WORK INSTRUCTION: Set down word for word the lines that begin the entries and run through the line containing "the next one.". Give nothing further.

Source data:
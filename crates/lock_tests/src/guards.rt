//! Guards of the running locks, in the forms in which programs keep them.

use lock_api::{ArcMutexGuard, Guard, Mutex, NoMemory, RwLock, RwLockWriteGuard};
use lock_api_guards::{Hold, LenderMut};
use lock_api_raw::{RawMutex, RawMutexTimed, RawRwLock};
use parking_lot_core::ParkingLot;
use parking_lot_rwlock::LockTable;
use std::alloc::Global;
use std::ops::AddAssign;
use std::sync::{Arc, Wait};
use std::test::Fail;
use std::time::{Clock, Duration, Instant};

/// Writes by a guard that lives for one statement, and reads by the next one.
fn overwrites<R: RawRwLock>(lock: &RwLock<R, u64>, me: &mut R::Party, number: u64) -> bool
where
    R::Runtime: Wait,
{
    *lock.write(me) = number;
    let read = *lock.read(me);
    read == number
}

/// A guard of the lock, under which the number is written.
fn writer_of<'m, R: RawRwLock>(
    lock: &'m RwLock<R, u64>,
    me: &mut R::Party,
    number: u64,
) -> RwLockWriteGuard<'m, R, u64>
where
    R::Runtime: Wait,
{
    let mut writer = lock.write(me);
    *writer = number;
    writer
}

/// Adds to what a guard lends.
fn add<R: RawRwLock>(writer: &mut RwLockWriteGuard<'_, R, u64>, by: u64)
where
    R::Runtime: Wait,
{
    **writer = writer.wrapping_add(by);
}

/// A number that is being changed, and whether it was.
#[derive(Drop)]
struct Entry<W: Drop, H: Hold>
where
    H::Runtime: Wait,
{
    guard: Guard<W, H>,
    changed: bool,
}

impl<W: LenderMut<Part = u64> + Drop, H: Hold> Entry<W, H>
where
    H::Runtime: Wait,
{
    /// Nothing is changed yet.
    fn new(guard: Guard<W, H>) -> Entry<W, H> {
        Entry {
            guard,
            changed: false,
        }
    }

    /// Writes the number, and reads it.
    fn set(&mut self, number: u64) -> u64 {
        let guard = &mut self.guard;
        **guard = number;
        self.changed = true;
        **guard
    }

    /// Whether the number was written. Others may come in then.
    fn close(self) -> bool {
        let Entry { guard, changed } = self;
        drop(guard);
        changed
    }
}

/// A count that begins anew at 0 behind its greatest number.
#[derive(Clone, Copy)]
struct Ticks(u64);

impl AddAssign<u64> for Ticks {
    fn add_assign(&mut self, by: u64) {
        self.0 = self.0.wrapping_add(by);
    }
}

/// Counts one up by a guard that lives for one statement, and once more under one that looks before and then.
fn tick_and_look<R: RawMutex>(ticker: &Mutex<R, Ticks>, me: &mut R::Party) -> (u64, u64)
where
    R::Runtime: Wait,
{
    *ticker.lock(me) += 1;
    let mut guard = ticker.lock(me);
    let before = guard.0;
    *guard += 1;
    (before, guard.0)
}

#[test]
fn guards_are_kept_and_handed_on(rt: HostRuntime) -> Result<(), Fail> {
    let lot = ParkingLot::new(rt, rt.alloc(), 1, 7)?;
    let mut me = lot.thread_data()?;
    let table = LockTable::new(rt.alloc(), &lot, 3)?;
    let lock: RwLock<parking_lot_rwlock::RawRwLock<HostRuntime, 0>, u64> = RwLock::new(
        &table, 5, 0,
    )?;
    assert!(rt; overwrites(&lock, &mut me, 1) & overwrites(&lock, &mut me, 2));
    let mut writer = writer_of(&lock, &mut me, 3);
    add(&mut writer, 1);
    let mut entry = Entry::new(writer);
    assert!(rt; (entry.set(5) == 5) & lock.is_locked_exclusive());
    assert!(rt; entry.close() & !lock.is_locked() & (lock.into_inner() == 5));
    let counter: Mutex<parking_lot_mutex::RawMutex<HostRuntime>, u64> = Mutex::new(&table, 1)?;
    let mut tally = Entry::new(counter.lock(&mut me));
    assert!(rt; (tally.set(6) == 6) & counter.is_locked());
    assert!(rt; tally.close() & !counter.is_locked() & (counter.into_inner() == 6));
    let ticker: Mutex<parking_lot_mutex::RawMutex<HostRuntime>, Ticks> = Mutex::new(
        &table,
        Ticks(0),
    )?;
    assert!(rt; tick_and_look(&ticker, &mut me) == (1, 2));
    assert!(rt; tick_and_look(&ticker, &mut me) == (3, 4));
    Ok(())
}

/// Whether there is a guard, by which 1 is added.
fn adds<R: RawMutex + Drop>(had: Result<Option<ArcMutexGuard<R, u64, Global>>, NoMemory>) -> bool
where
    R::Runtime: Wait,
{
    match had {
        Ok(Some(mut guard)) => {
            guard.with_mut(|number| *number = number.wrapping_add(1));
            true
        }
        _ => false,
    }
}

/// Whether calls have a guard that give up at the moment and after each of these times.
fn have_it<R, C: Clock>(
    clock: &C,
    mutex: &Arc<Mutex<R, u64>, Global>,
    past: Instant,
    me: &mut R::Party,
    limit: Duration,
) -> [bool; 2]
where
    R: RawMutexTimed<Duration = Duration, Instant = Instant> + Drop,
    R::Runtime: Wait,
{
    let at_once = adds(Mutex::try_lock_arc_until(mutex, past, clock, me));
    [
        at_once,
        adds(Mutex::try_lock_arc_for(mutex, limit, clock, me)),
    ]
}

#[test]
fn a_mutex_in_an_arc_is_had_in_time_or_given_up(rt: HostRuntime) -> Result<(), Fail> {
    let lot = ParkingLot::new(rt, rt.alloc(), 2, 7)?;
    let mut one = lot.thread_data()?;
    let mut other = lot.thread_data()?;
    let table = LockTable::new(rt.alloc(), &lot, 1)?;
    let mutex: Mutex<parking_lot_mutex::RawMutex<HostRuntime>, u64> = Mutex::new(&table, 5)?;
    let mutex = Arc::new(rt.alloc(), mutex)?;
    let past = Instant::now(&rt)?;
    let short = Duration::from_millis(1);
    let guard = mutex.lock(&mut one);
    let beside = have_it(&rt, &mutex, past, &mut other, short);
    let is_left = table.word(0) == Some(1);
    drop(guard);
    assert!(rt; (beside == [false; 2]) & is_left);
    assert!(rt; have_it(&rt, &mutex, past, &mut other, short) == [true; 2]);
    assert!(rt; have_it(&rt, &mutex, past, &mut other, Duration::MAX) == [true; 2]);
    let mut tally = Entry::new(mutex.lock(&mut one));
    let sum = *tally.guard;
    assert!(rt; (sum == 9) & (tally.set(1) == 1) & tally.close() & (table.word(0) == Some(0)));
    Ok(())
}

YOUR RESPONSE:
filename crates/lock_tests/src/guards.rt
//! Guards of the running locks, in the forms in which programs keep them.

use lock_api::{ArcMutexGuard, Guard, Mutex, NoMemory, RwLock, RwLockWriteGuard};
use lock_api_guards::{Hold, LenderMut};
use lock_api_raw::{RawMutex, RawMutexTimed, RawRwLock};
use parking_lot_core::ParkingLot;
use parking_lot_rwlock::LockTable;
use std::alloc::Global;
use std::ops::AddAssign;
use std::sync::{Arc, Wait};
use std::test::Fail;
use std::time::{Clock, Duration, Instant};

/// Writes by a guard that lives for one statement, and reads by the next one.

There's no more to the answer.